Можно ли сказать, что я любил его, как сына? Нет, я любил его за то, что он совсем не был похож на меня. Я прекрасно вижу, какие черты Гюбер и Женевьева унаследовали от меня: алчность, жажду материальных благ, которые для них превыше всего в жизни, презрительную властность (Женевьева безжалостно третирует своего мужа и высокомерна, как я). А Люк совсем другой; я был уверен, что не увижу в нем свое подобие.
Большую часть года я о нем совсем не думал. Отец брал его к себе из пансиона на Новый год и на Пасху, а летние каникулы он всегда проводил у нас. Уезжал он в октябре, когда покидали наши края и перелетные птицы.

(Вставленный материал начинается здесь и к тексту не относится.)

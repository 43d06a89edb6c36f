ghost use Rattle.std.specs.Prelude.{◌≡◌, ◌++◌, ℕ, List, IfOk, OnOk, OnErr, Ok, take, length};
ghost use Rattle.mc_fields.specs.Row.{GivesRow, GivesPacket, id_read, packet_read, packet_of};
ghost use Rattle.mc_hello.specs.LoginDown.{rows, SpellsLoginDown, FitsLoginDown};
ghost use Rattle.mc_hello.specs.LoginDown.{spelling_of, append_of};

use mc_bytes::{Cursor, NoMemory, Text};
use mc_fields::{
    Bounded, Field, PacketRead, RowError, RowFault, put_row, put_row2, take_varint, whole,
};
use std::alloc::Global;

/// A packet to a client that logs in.
#[derive(Drop)]
pub enum LoginDown {
    /// The client may not play, and why, as JSON.
    Disconnect(Text),
    /// The client plays from now on: its player's uuid, with hyphens, and name.
    Success(Text, Text),
}

/// The fields of the packet with this id.
fn read_fields(alloc: Global, cursor: &mut Cursor<'_>, id: i32) -> Result<LoginDown, RowError>
    ensures { GivesRow (λ packet. (packet, cursor.new)) result (id_read rows id cursor.old) }
{
    match id {
        0 => Ok(LoginDown::Disconnect(Field::get(alloc, cursor)?)),
        2 => {
            let (uuid, name): (Bounded<36>, Bounded<16>) = Field::get(alloc, cursor)?;
            Ok(LoginDown::Success(uuid.into_text(), name.into_text()))
        }
        _ => Err(RowError::Fault(RowFault::UnknownId(id))),
    }
}

/// The packet of a frame, or its first fault, with its place counted from the frame's end.
#[tactic(auto, unfolding(mc_fields::specs::Row::packet_read))]
fn packet_in(alloc: Global, frame: &[u8]) -> Result<LoginDown, RowError>
    ensures { GivesRow (λ packet. packet) result (packet_read rows frame.now) }
{
    let mut cursor = Cursor::new(frame);
    let id = take_varint(&mut cursor)?;
    let packet = read_fields(alloc, &mut cursor, id)?;
    Ok(whole(packet, &cursor)?)
}

/// Reads a packet, whose frame is the bytes after the frame's length.
pub fn read_login_down(alloc: Global, frame: &[u8]) -> Result<LoginDown, PacketRead>
    // What is read is spelled so.
    ensures found { IfOk result (λ packet. SpellsLoginDown packet frame.now) }
    // What is spelled so is read, unless memory runs out.
    ensures only { (packet : LoginDown) → SpellsLoginDown packet frame.now →
        GivesPacket result (Ok packet) }
    // A frame spells one packet at most.
    ensures one { (p q : LoginDown) → SpellsLoginDown p frame.now →
        SpellsLoginDown q frame.now → p ≡ q }
    // Which fault it is.
    ensures exact { GivesPacket result (packet_of frame.now (packet_read rows frame.now)) }
{
    packet_in(alloc, frame).map_err(|error| error.within(frame.len()))
}

/// The id and the fields of a packet; without memory some first part of them.
#[tactic(auto, using(crate::proofs::Wider::wider_16, crate::proofs::Wider::wider_36))]
fn write_fields(packet: &LoginDown, out: &mut Vec<u8>) -> Result<(), NoMemory>
    requires { FitsLoginDown packet.now }
    ensures ok { OnOk result (out.new.items ≡ append_of packet.now out.old.items) }
    ensures begun { OnErr result (take (length out.old.items) out.new.items ≡ out.old.items) }
{
    match packet {
        LoginDown::Disconnect(reason) => put_row(0, reason, out),
        LoginDown::Success(uuid, name) => put_row2(2, uuid, name, out),
    }
}

/// Appends a packet, with its VarInts the shortest. Without memory `out` is as before.
pub fn write_login_down(packet: &LoginDown, out: &mut Vec<u8>) -> Result<(), NoMemory>
    // It has a spelling.
    requires { (bytes : List ℕ) × SpellsLoginDown packet.now bytes }
    ensures ok { OnOk result (out.new.items ≡ out.old.items ++ spelling_of packet.now) }
    ensures spelled { SpellsLoginDown packet.now (spelling_of packet.now) }
    // What is written is read as the same packet.
    ensures again { packet_read rows (spelling_of packet.now) ≡ Ok packet.now }
    ensures err { OnErr result (out.new.items ≡ out.old.items) }
{
    let start = out.len();
    let written = write_fields(packet, out);
    if written.is_err() {
        out.truncate(start);
    }
    written
}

Был ли он набожным? Ты о нем говорила так:
— Даже на таком глупом звереныше, как этот мальчик, сказывается влияние отцов иезуитов. По воскресеньям он ни за что не пропустит обедни, исповедуется, причащается... Конечно, молится он не очень усердно, на скорую руку. Ну что ж поделаешь! Каждый дает что может, большего и нечего с него требовать.

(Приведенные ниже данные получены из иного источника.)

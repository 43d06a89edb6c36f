ghost use Rattle.std.specs.Prelude.{◌≡◌, ◌++◌, ℕ, List, IfOk, OnOk, OnErr, Ok, take, length};
ghost use Rattle.mc_fields.specs.Row.{GivesRow, GivesPacket, id_read, packet_read, packet_of};
ghost use Rattle.mc_hello.specs.StatusDown.{rows, SpellsStatusDown, FitsStatusDown};
ghost use Rattle.mc_hello.specs.StatusDown.{spelling_of, append_of};

use mc_bytes::{Cursor, NoMemory, Text};
use mc_fields::{Field, PacketRead, RowError, RowFault, put_row, take_varint, whole};
use std::alloc::Global;

/// A packet to a client that asks for the status.
#[derive(Drop)]
pub enum StatusDown {
    /// The status, as JSON.
    Response(Text),
    /// The number of the client's ping.
    Pong(i64),
}

/// The fields of the packet with this id.
fn read_fields(alloc: Global, cursor: &mut Cursor<'_>, id: i32) -> Result<StatusDown, RowError>
    ensures { GivesRow (λ packet. (packet, cursor.new)) result (id_read rows id cursor.old) }
{
    match id {
        0 => Ok(StatusDown::Response(Field::get(alloc, cursor)?)),
        1 => Ok(StatusDown::Pong(Field::get(alloc, cursor)?)),
        _ => Err(RowError::Fault(RowFault::UnknownId(id))),
    }
}

/// The packet of a frame, or its first fault, with its place counted from the frame's end.
#[tactic(auto, unfolding(mc_fields::specs::Row::packet_read))]
fn packet_in(alloc: Global, frame: &[u8]) -> Result<StatusDown, RowError>
    ensures { GivesRow (λ packet. packet) result (packet_read rows frame.now) }
{
    let mut cursor = Cursor::new(frame);
    let id = take_varint(&mut cursor)?;
    let packet = read_fields(alloc, &mut cursor, id)?;
    Ok(whole(packet, &cursor)?)
}

/// Reads a packet, whose frame is the bytes after the frame's length.
pub fn read_status_down(alloc: Global, frame: &[u8]) -> Result<StatusDown, PacketRead>
    // What is read is spelled so.
    ensures found { IfOk result (λ packet. SpellsStatusDown packet frame.now) }
    // What is spelled so is read, unless memory runs out.
    ensures only { (packet : StatusDown) → SpellsStatusDown packet frame.now →
        GivesPacket result (Ok packet) }
    // A frame spells one packet at most.
    ensures one { (p q : StatusDown) → SpellsStatusDown p frame.now →
        SpellsStatusDown q frame.now → p ≡ q }
    // Which fault it is.
    ensures exact { GivesPacket result (packet_of frame.now (packet_read rows frame.now)) }
{
    packet_in(alloc, frame).map_err(|error| error.within(frame.len()))
}

/// The id and the fields of a packet; without memory some first part of them.
fn write_fields(packet: &StatusDown, out: &mut Vec<u8>) -> Result<(), NoMemory>
    requires { FitsStatusDown packet.now }
    ensures ok { OnOk result (out.new.items ≡ append_of packet.now out.old.items) }
    ensures begun { OnErr result (take (length out.old.items) out.new.items ≡ out.old.items) }
{
    match packet {
        StatusDown::Response(json) => put_row(0, json, out),
        StatusDown::Pong(number) => put_row(1, number, out),
    }
}

/// Appends a packet, with its VarInts the shortest. Without memory `out` is as before.
pub fn write_status_down(packet: &StatusDown, out: &mut Vec<u8>) -> Result<(), NoMemory>
    // It has a spelling.
    requires { (bytes : List ℕ) × SpellsStatusDown packet.now bytes }
    ensures ok { OnOk result (out.new.items ≡ out.old.items ++ spelling_of packet.now) }
    ensures spelled { SpellsStatusDown packet.now (spelling_of packet.now) }
    // What is written is read as the same packet.
    ensures again { packet_read rows (spelling_of packet.now) ≡ Ok packet.now }
    ensures err { OnErr result (out.new.items ≡ out.old.items) }
{
    let start = out.len();
    let written = write_fields(packet, out);
    if written.is_err() {
        out.truncate(start);
    }
    written
}
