// The peak of the chain that is open where the samples end, in `size` and `time`, and 1 in `carried`; 0 in all three
// where there is none; or refusal 8. The pass stays as it is.
#[tactic(auto, unfolding(crate::specs::Told::peak_last, crate::specs::Told::last_said))]
pub fn chim_peaks_last(state: &[u64], size: &mut u32, time: &mut u32, carried: &mut u64) -> u64
    ensures { last_told result carried.new size.new time.new
        ≡ peak_last state.now size.old time.old }
{
    let h = handing_of(state);
    if !peak_stream::ready(h) {
        return capi::refuse(Refusal::BrokenState, carried);
    }
    let a = peak_stream::finish(h);
    match a {
        Some(p) => {
            *size = p.size;
            *time = p.time;
            capi::give(1, carried)
        }
        None => {
            *size = 0;
            *time = 0;
            capi::give(0, carried)
        }
    }
}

Со мной он никогда не затрагивал этих вопросов, не делал ни малейшего намека. Все его разговоры носили вполне конкретный характер. Иной раз, когда он вытаскивал из кармана складной нож, поплавок, дудочку, чтоб подманивать жаворонков, на траву выпадали короткие черные четки, и он проворно поднимал их. Пожалуй, по утрам в воскресенье в нем было больше степенности, чем в будни, меньше жизнерадостности, легкости, как будто он нес тогда на плечах какой-то груз.

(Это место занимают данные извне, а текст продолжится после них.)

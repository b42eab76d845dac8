// The clerk's counter of two channels (document 02, [8]): the comma files of one record, the roll's from standard input
// and the acceleration's from a descriptor of its own, their one line to standard output, with the five items of the
// record as arguments. What the line holds is `comma_pair`'s promise, over both whole files however they come; here
// bytes are only carried.
#![tactic(auto)]

use prog_desk::{Broken, Desk, Ended, Pair};
use sample_items::Items;

// The most bytes that are read at once.
const BYTES: usize = 65_536;

fn count(desk: &Desk, items: Items) -> Result<Ended, Broken> {
    let mut roll = [0u8; BYTES];
    let mut acceleration = [0u8; BYTES];
    let mut from = Pair {
        roll: desk.input(),
        acceleration: desk.second(),
    };
    let start = comma_pair::open(items);
    let w = prog_desk::serve_pair(desk, start, &mut from, &mut roll, &mut acceleration)?;
    let mut out = [0u8; desk_line::LONGEST_LINE];
    let f = comma_pair::finish(w, &mut out);
    prog_desk::answer(desk, &out, f)
}

fn main(rt: HostRuntime) {
    let desk = Desk::with_second(rt);
    let items = prog_desk::items(&desk, 1, prog_desk::item(&desk, 5));
    prog_desk::end(&desk, prog_desk::digit(count(&desk, items)));
}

Среди всего, что привязывало меня к Люку, было одно обстоятельство, которому ты, вероятно, удивишься. Не раз случалось, что в воскресенье я узнавал в этом олененке, который в те часы переставал прыгать, брата нашей девочки, умершей двенадцать лет тому назад, хотя Мари совсем не походила на него характером: она не выносила, когда кто-нибудь раздавит букашку, и очень любила, устлав мхом дупло дерева, ставить туда статуэтку Богоматери, — помнишь? Ну так вот, для меня в этом «звереныше», как ты называла Люка, оживала наша Мари: вернее сказать, тот самый светлый родник, который был в ее душе и вместе с нею скрылся под землю, вновь бил у моих ног.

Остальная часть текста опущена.